RIP rockbottom and FB. Rats, I liked those stores.
Jeez, I wouldn't have ventured out.
Wife would have quite rightly killed me.
How close are you to the epicentre?


----------



## Callie (Aug 8, 2011)

unusual_solid said:


> callie they put reeves corner out yet?



Its gone mate, there won't be anything standing even if they do put it out.


----------



## Dan U (Aug 8, 2011)

MellySingsDoom said:


> Rockbottom? Fucking hell.
> 
> Dan U - that's a big walk for your mate - I hope he/she stays safe out there.

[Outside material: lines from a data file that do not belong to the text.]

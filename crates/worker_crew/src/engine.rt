//! Where a run stands, and one ruling of it.
ghost use Rattle.std.specs.Prelude.{◌≡◌, ◌+◌, ◌<◌, ◌≤◌, ◌||◌, true, false, suc, nat_eq, nat_le, [], ◌∷◌, length, IfOk, OnOk};
ghost use Rattle.fcp_model.specs.OneWorker.{is_due, is_over};
ghost use Rattle.fcp_model.specs.declared.run.Outcome.TheVariants.{Failed};
ghost use Rattle.commit_engine.specs.Turns.{IsCommit, IsHang};
ghost use Rattle.run_laws.specs.Running.{IsGoing, open_outcome_by};
ghost use Rattle.worker_crew.specs.declared.task.Task.{Task};
ghost use Rattle.worker_crew.specs.Tasks.{IsTask};
ghost use Rattle.worker_crew.specs.Reached.{mode_of, counts_of, entries_left, IsReached, HasRoom, HasEnded};
ghost use Rattle.worker_crew.specs.Moved.{HasMoved, HasFailed, HasPassed, RuleGives};

use crate::mode::{RunMode, mode_behind};
use crate::queues::push_all;
use crate::task::Task;
use commit_engine::{Hall, PlainHall, Spent, Turn, control, fail, turn};
use fcp_model::{Entry, NoMemory, Outcome};
use move_plans::Planner;
use std::alloc::Global;
use std::collections::VecDeque;

/// Where the run stands: the hall with the words of the state, with the log and with what is left of the limits, and the addresses of the
/// Ready processes in the order of the queue. `passed` processes went to the back of the queue since the last move, `asleep` ones wait,
/// and so many controls were `made`. The planner keeps its memory from one ruling to the next.
#[derive(Drop)]
pub(crate) struct Engine {
    pub hall: PlainHall,
    pub planner: Planner,
    pub queue: VecDeque<u32>,
    pub passed: usize,
    pub asleep: usize,
    pub made: u32,
    pub mode: RunMode,
}

/// What one ruling did.
#[derive(Clone, Copy, Debug, PartialEq, Eq)]
pub(crate) enum Ruled {
    /// The run ends, with this outcome.
    Ends(Outcome),
    /// The front of the queue went to the back: its entry has more cells than are left.
    Passes,
    /// An entry was made, and the run goes on.
    Makes,
}

impl Engine {
    /// Puts the children of a commit that the front made, and then the processes that it woke, at the back of the queue.
    fn note_commit(&mut self) -> Result<(), NoMemory>
        requires { length self.old.planner.woken.items ≤ self.old.asleep }
        ensures reached { OnOk result ((t : Task) → HasMoved t self.old → IsCommit self.old.planner.entry → IsReached t [] self.new) }
        ensures left { OnOk result ((t : Task) → entries_left t self.new ≡ entries_left t self.old) }
    {
        run_laws::leading_moves();
        run_laws::front_moves();
        push_all(&mut self.queue, self.planner.children.as_slice())?;
        push_all(&mut self.queue, self.planner.woken.as_slice())?;
        self.passed = 0;
        self.asleep -= self.planner.woken.len();
        Ok(())
    }

    /// Counts a hang that the front made.
    fn note_hang(&mut self)
        requires { self.old.asleep < 134217728 }
        ensures reached { (t : Task) → HasMoved t self.old → IsHang self.old.planner.entry → IsReached t [] self.new }
        ensures left { (t : Task) → entries_left t self.new ≡ entries_left t self.old }
    {
        run_laws::leading_moves();
        run_laws::front_moves();
        self.passed = 0;
        self.asleep += 1;
    }

    /// Makes the fail of the front, which ends the run.
    fn make_fail(&mut self, alloc: Global, address: u32)
        requires { (t : Task) × HasFailed t address self.old }
        ensures { (t : Task) → IsTask t → HasFailed t address self.old → HasEnded t self.new Failed }
    {
        run_laws::front_moves();
        run_laws::ends();
        let Entry::Fail { process } = self.planner.entry else {
            unreachable!()
        };
        fail(alloc, &mut self.hall, process, address);
    }

    /// Puts the front of the queue to its back.
    fn pass(&mut self, process: u32) -> Result<(), NoMemory>
        requires { self.old.passed ≤ length self.old.queue.items }
        ensures reached { OnOk result ((t : Task) → HasPassed t process self.old → IsReached t [] self.new) }
        ensures left { OnOk result ((t : Task) → entries_left t self.new ≡ entries_left t self.old) }
        ensures queued { OnOk result (length self.new.queue.items ≡ suc (length self.old.queue.items)) }
        ensures passed { OnOk result (self.new.passed ≡ self.old.passed + 1) }
    {
        run_laws::leading_moves();
        if self.queue.push_back(process).is_err() {
            return Err(NoMemory);
        }
        self.passed += 1;
        Ok(())
    }

    /// The ruling on a process that was taken from the front of the queue.
    fn rule_front(&mut self, alloc: Global, task: &Task, process: u32) -> Result<Ruled, NoMemory>
        requires task { IsTask task.now }
        requires reached { IsReached task.now (process ∷ []) self.old }
        requires room { HasRoom task.now self.old }
        ensures { IfOk result (RuleGives task.now (entries_left task.now self.old) (suc (length self.old.queue.items)) self.old.passed
            self.new) }
    {
        run_laws::front_moves();
        run_laws::leading_moves();
        run_laws::words_in_use();
        match turn(&mut self.hall, &mut self.planner, task.code, process) {
            Turn::Committed { .. } => {
                self.note_commit()?;
                Ok(Ruled::Makes)
            }
            Turn::Hung { .. } => {
                self.note_hang();
                Ok(Ruled::Makes)
            }
            Turn::Fails => {
                self.make_fail(alloc, process);
                Ok(Ruled::Ends(Outcome::Failed))
            }
            Turn::Spent(Spent::Cells { .. }) => {
                self.pass(process)?;
                Ok(Ruled::Passes)
            }
            Turn::NoMemory => Err(NoMemory),
            // The hall is alone, the front is Ready, and commits and moves are left.
            Turn::Gone(_) => unreachable!(),
            Turn::Busy { .. } => unreachable!(),
            Turn::Stale { .. } => unreachable!(),
            Turn::Spent(Spent::Moves) => unreachable!(),
            Turn::Spent(Spent::Commits) => unreachable!(),
        }
    }

    /// Whether the queue and the limits end a run that is going: no commits or moves are left, or each process of the queue went to its
    /// back.
    fn is_at_end(&self) -> bool
        ensures { result ≡ (nat_eq self.now.hall.quota.commits 0 || nat_eq self.now.hall.quota.moves 0
            || nat_le (length self.now.queue.items) self.now.passed) }
    {
        let quota = self.hall.quota();
        quota.commits == 0 || quota.moves == 0 || self.queue.len() <= self.passed
    }

    /// The outcome of an open run that ends here.
    fn open_outcome(&self) -> Outcome
        ensures { (t : Task) → result ≡ open_outcome_by self.now.queue.items (counts_of t self.now) }
    {
        let quota = self.hall.quota();
        if self.queue.is_empty() {
            if self.asleep == 0 {
                Outcome::Terminated
            } else {
                Outcome::Suspended
            }
        } else if quota.commits == 0 || quota.moves == 0 {
            Outcome::Budget
        } else {
            Outcome::Full
        }
    }

    /// The ruling of an open run of which no control is due: it ends, the front of the queue goes to its back, or the front's entry is
    /// made.
    fn rule_queue(&mut self, alloc: Global, task: &Task) -> Result<Ruled, NoMemory>
        requires task { IsTask task.now }
        requires reached { IsReached task.now [] self.old }
        requires going { IsGoing (counts_of task.now self.old) }
        ensures { IfOk result (RuleGives task.now (entries_left task.now self.old) (length self.old.queue.items) self.old.passed self.new) }
    {
        run_laws::ends();
        run_laws::counts();
        if self.is_at_end() {
            return Ok(Ruled::Ends(self.open_outcome()));
        }
        let Some(process) = self.queue.pop_front() else {
            unreachable!()
        };
        self.rule_front(alloc, task, process)
    }

    /// Makes the next control, where it is due, and answers whether it was.
    fn make_due(&mut self, alloc: Global, task: &Task) -> bool
        requires task { IsTask task.now }
        requires reached { IsReached task.now [] self.old }
        requires running { is_over (mode_of self.old.mode) ≡ false }
        ensures made { result ≡ true → IsReached task.now [] self.new × (entries_left task.now self.new < entries_left task.now self.old) }
        ensures none { result ≡ false → self.new ≡ self.old }
        ensures not_due { result ≡ false → is_due (counts_of task.now self.old).controls (counts_of task.now self.old).moved ≡ false }
    {
        run_laws::leading_moves();
        let moved = task.limits.moves - self.hall.quota().moves;
        let Some(next) = task.controls.get(self.made as usize) else {
            return false;
        };
        if next.after != moved {
            return false;
        }
        control(alloc, &mut self.hall, next.act);
        self.mode = mode_behind(self.mode, next.act);
        self.made += 1;
        true
    }

    /// The next ruling: the run ends, the front of the queue goes to its back, or an entry is made. `Err` is want of memory.
    pub(crate) fn rule(&mut self, alloc: Global, task: &Task) -> Result<Ruled, NoMemory>
        requires task { IsTask task.now }
        requires reached { IsReached task.now [] self.old }
        ensures { IfOk result (RuleGives task.now (entries_left task.now self.old) (length self.old.queue.items) self.old.passed self.new) }
    {
        run_laws::ends();
        run_laws::counts();
        if let RunMode::Aborted = self.mode {
            return Ok(Ruled::Ends(Outcome::Aborted));
        }
        if self.make_due(alloc, task) {
            return Ok(Ruled::Makes);
        }
        if let RunMode::Held = self.mode {
            return Ok(Ruled::Ends(Outcome::Held));
        }
        self.rule_queue(alloc, task)
    }
}
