// Replays recorded inputs of the program `callcheck` through `callcheck_text::answer`. A question is 0, then the input's length and its bytes;
// 0, 0 and the output's length are printed, then the output as a list. The file stdout has the oracle's answers.
#![tactic(auto, using(replay::proofs::Ends::end_then))]

ghost use Rattle.std.specs.Prelude.{◌<◌, length, IfSome};
ghost use Rattle.replay.specs.Questions.{IsEnd};

use replay::Questions;

// The input is in a buffer of 4,096 bytes, as `callcheck` has it.
fn ask(questions: &mut Questions) -> Option<()>
    ensures end { IsEnd questions.old.rest.now questions.new.rest.now }
    ensures fewer { IfSome result (λ _. length questions.new.rest.now < length questions.old.rest.now) }
{
    questions.number()?;
    let mut buffer = io::buffer();
    let input = replay::load(questions.list()?, &mut buffer);
    let mut out = [0u8; 8192];
    let k = callcheck_text::answer(input, &mut out);
    replay::print_answer(answer::accept(k as u64));
    replay::print_list(&out[..k]);
    Some(())
}

fn main() {
    replay::ask_all(&mut [0u64; 16384], ask);
}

yeah he will be fine i hope. he is a veteran of protests and looks a bit of a nutter. just wants to get his Mrs home


----------



## Callie (Aug 8, 2011)

The epicentre? Its not an earthquake 

From what I saw there wasnt one solid place of action - West Croydon had quite a few people there but like I say they all headed off towards Mayday and were thinning out then.

I heard a few people mention that they didn't think the police had the numbers to do much if they confronted them and I agree there didn't appear to be that many cops.


----------



## Ich bin ein Mod (Aug 8, 2011)

carib1164 said:


> Yup.. steal what you want and hurt innocent people cause you're too fucking lazy and thick to earn a decent honest living.. that's the ONLY reason for all this.. Really does a lot for the "community" doesn't it?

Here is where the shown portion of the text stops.